Not only is it about design but also about eco-labelling, which would seek to provide consumers with a standardised label on clothes, raising customer awareness on how the garment is more durable, how it can be repaired, or how it can be recycled at the end of its life.

Of course, EPR needs to raise government revenue: with those who create the materials responsible for the costs of disposal. What cannot happen is that those funds are siphoned off for other priorities.

Instead, the funds raised by EPR should be reinvested into supporting the industry to innovate on further measures such as eco-design principles to make clothing more durable, or easier to disassemble and repair or recycle, or to help fund a mandatory kerbside collection of clothing.

It should also help build a corresponding infrastructure to ensure all items are properly collected and sorted before being resold or recycled. Such work would support and complement the work the industry is already doing with InnovateUK, the national innovation agency forming part of UK Research and Innovation (UKRI), which focuses on investing in science and research in the UK. Innovate UK has looked to invest directly into circular economy innovation projects since April 2018.

There is also another role that government policy can play beyond the fees: helping people dispose of their damaged and worn-out clothes. When there is no more wearable life in a garment, it should not go to landfill; it needs to be collected, sorted, and sent on to industries that can use it.

Innovative recycling practices are already in use in other industries, ranging from recovering material to minimise use of virgin raw material, to the use of recycled textiles in automotive and construction. The UK Fashion and Textile industry already has the capacity and capability to adopt these practices.

We need to put in place a ban on sending textiles to landfill and instead promote all the relevant sectors that textiles can be sent to. However, to move from throwing items away to reusing or recycling them will require significant investment to put the right recycling infrastructure in place.

As Caroline Rush, chief executive of the British Fashion Council, concurs, the industry can play a leading role in shaping future legislation to be both “workable and transformative” and - using its experience in other territories - can help the UK lead this agenda. She notes that a partnership with the Department for Environment, Food and Rural Affairs (Defra) in the development of the fashion industry’s approach will ensure that both ambitions of industry and government are met.

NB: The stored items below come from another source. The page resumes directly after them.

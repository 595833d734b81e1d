// Rows of the tables, as they are stored: two words for an arc, an atom or a tie, four for an alternative and what stands open.
ghost use Rattle.std.specs.Prelude.{◌+◌, ◌*◌, ◌<◌, length};
ghost use Rattle.laying.specs.Table.{RowPut, FourPut, AlternativePut};

use limits::wide;

// A row and its alternative.
pub(crate) fn put_row(rows: &mut [u32], row: u32, x: u32, home: u32)
    requires { 2 * row + 1 < length rows.old }
    ensures { RowPut rows.old row x home rows.new }
{
    let i = wide(row);
    rows[2 * i] = x;
    rows[2 * i + 1] = home;
}

// Four words.
pub(crate) fn put_four(rows: &mut [u32], row: u32, a: u32, b: u32, c: u32, d: u32)
    requires { 4 * row + 3 < length rows.old }
    ensures { FourPut rows.old row a b c d rows.new }
{
    let i = wide(row);
    rows[4 * i] = a;
    rows[4 * i + 1] = b;
    rows[4 * i + 2] = c;
    rows[4 * i + 3] = d;
}

// A new alternative k of the owner: the first one beside it, the one of the same owner before it, none in it yet, and its spot.
pub(crate) fn put_alternative(alts: &mut [u32], k: u32, owner: u32, group: u32, spot: u32)
    requires { (4 * k + 3 < length alts.old) × (4 * owner + 3 < length alts.old) }
    ensures { AlternativePut alts.old k owner group spot alts.new }
{
    let of = wide(owner);
    let last = alts[4 * of + 2];
    alts[4 * of + 2] = k;
    put_four(alts, k, group, last, 0, spot);
}
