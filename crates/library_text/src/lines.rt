// Lines that are printed for a library.
ghost use Rattle.std.specs.Prelude.{◌≤◌, length, take};
ghost use Rattle.answer_text.specs.Answer.{Wrote};
ghost use Rattle.answer_text.specs.Going.{Appends};
ghost use Rattle.library_text.specs.Lines.{number_line, extent_line, words_text};

use answer_text::line::{put_labelled, put_last, put_words_line};

// Writes a line with a number to the start of dst.
pub(crate) fn put_number_line(dst: &mut [u8], number: u32) -> Option<usize>
    ensures { Appends (number_line number) dst.old 0 dst.new result }
{
    put_last(dst, 0, b"answer ", u64::from(number))
}

// Writes the first line: an answer's number, and how many words or bytes it tells of.
pub(crate) fn put_extent_line(
    dst: &mut [u8],
    number: u32,
    label: &[u8],
    extent: usize,
) -> Option<usize>
    ensures { Appends (extent_line number label.now extent) dst.old 0 dst.new result }
{
    let at = put_labelled(dst, 0, b"answer ", u64::from(number))?;
    put_last(dst, at, label, extent as u64)
}

// Writes an answer to the start of dst: the first line, and after 0 a line with the first words of the area.
pub(crate) fn write_words(dst: &mut [u8], number: u32, extent: usize, area: &[u32]) -> Option<usize>
    requires { extent ≤ length area.now }
    ensures { Wrote (words_text number extent (take extent area.now)) dst.old dst.new result }
{
    let at = put_extent_line(dst, number, b" words ", extent)?;
    if number == 0 {
        return put_words_line(dst, at, &area[..extent]);
    }
    Some(at)
}
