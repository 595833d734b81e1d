// Writing a library from numbers: what is printed.
ghost use Rattle.std.specs.Prelude.{◌≡◌, ◌≤◌, length, drop};
ghost use Rattle.call_text.specs.Call.{words_in};
ghost use Rattle.answer_text.specs.Answer.{Wrote};
ghost use Rattle.library_text.specs.Serves.{file_room, made_text, runs_text, order_text};
ghost use Rattle.library_text.specs.Run.{ReadsRun};

use crate::lines::{put_extent_line, put_number_line};
use answer_text::answer::write_bad;
use answer_text::line::put_run;
use call_text::call::is_over;
use call_text::number::{Token, read_token};
use library::row::Row;
use library_writing::write::write;
use limits::wide;

// The most words of entries that are read, two an entry and one entry more than an index has; the most words; and the bytes of the
// longest library.
const ENTRY_WORDS: usize = 122;

const WORDS: usize = 65536;

const FILE_ROOM: usize = 276992;

// Reads as many words from p on as dst has room for, and answers where the text goes on; or there is no such run.
fn read_run(text: &[u8], p: usize, dst: &mut [u32]) -> Option<usize>
    ensures { ReadsRun text.now (words_in (length dst.old) (drop p text.now)) dst.new result }
{
    let mut at = p;
    for word in dst.iter_mut() {
        let Token::Is { value, next } = read_token(text, at) else {
            return None;
        };
        *word = value;
        at = next;
    }
    Some(at)
}

// Writes a library of these entries and words to the start of out; its bytes stand in this area.
fn write_made(entries: &[u32], words: &[u32], file: &mut [u8], out: &mut [u8]) -> Option<usize>
    requires { length file.old ≡ file_room }
    ensures { Wrote (made_text entries.now words.now) out.old out.new result }
{
    match write(entries, words, file) {
        Ok(bytes) => {
            let at = put_extent_line(out, 0, b" bytes ", bytes)?;
            put_run(out, at, &file[..bytes])
        }
        Err(error) => put_number_line(out, Row::from(error).number),
    }
}

// Writes the library of these many entry words and words, which stand from p on, to the start of out.
fn write_runs(
    text: &[u8],
    p: usize,
    entries: &mut [u32],
    words: &mut [u32],
    file: &mut [u8],
    out: &mut [u8],
) -> Option<usize>
    requires { length file.old ≡ file_room }
    ensures { Wrote (runs_text (length entries.old) (length words.old) (drop p text.now)) out.old out.new result }
{
    let Some(middle) = read_run(text, p, entries) else {
        return write_bad(out);
    };
    let Some(end) = read_run(text, middle, words) else {
        return write_bad(out);
    };
    if is_over(text, end) {
        write_made(entries, words, file, out)
    } else {
        write_bad(out)
    }
}

// Writes the library that a text asks for to the start of out, in these areas.
fn order_in(
    text: &[u8],
    entries: &mut [u32; ENTRY_WORDS],
    words: &mut [u32; WORDS],
    file: &mut [u8; FILE_ROOM],
    out: &mut [u8],
) -> Option<usize>
    ensures { Wrote (order_text text.now) out.old out.new result }
{
    let Token::Is { value: count, next } = read_token(text, 0) else {
        return write_bad(out);
    };
    let Token::Is {
        value: total,
        next: start,
    } = read_token(text, next)
    else {
        return write_bad(out);
    };
    let many = wide(count);
    if ENTRY_WORDS < many {
        return write_bad(out);
    }
    let long = wide(total);
    if WORDS < long {
        return write_bad(out);
    }
    write_runs(
        text,
        start,
        &mut entries[..many],
        &mut words[..long],
        file,
        out,
    )
}

// Writes the library that a text asks for to the start of out.
pub(crate) fn write_order(text: &[u8], out: &mut [u8]) -> Option<usize>
    ensures { Wrote (order_text text.now) out.old out.new result }
{
    let mut entries = [0; ENTRY_WORDS];
    let mut words = [0; WORDS];
    let mut file = [0; FILE_ROOM];
    order_in(text, &mut entries, &mut words, &mut file, out)
}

None of this is easy, nor can it be done without involving industry in the design. The BRC wants to see an industry-led model that incorporates responsible businesses into the conservation around building a circular economy. This will ensure the system supports those who are doing the right thing.

The fashion and textile industry is one of innovation and creativity; EPR is a unique opportunity for the industry to become a global leader in sustainability. It is therefore vital that industry, government, and the public create and maintain momentum around this agenda.

As Adam Mansell, CEO of UKFT, says, regulation through EPR is an “important mechanism” but to unlock the opportunities ahead we need an industry-led approach, one that “leads to an increase in value and margins and delivers a meaningful growth in onshoring”.

Retail is an industry that recognises its vital role in moving to a circular economy as part of the wider movement to a sustainable modern economy. Together, we can make an EPR that responds to the needs of the customers. The BRC is working with government to one ultimate end: less ditch, more stitch.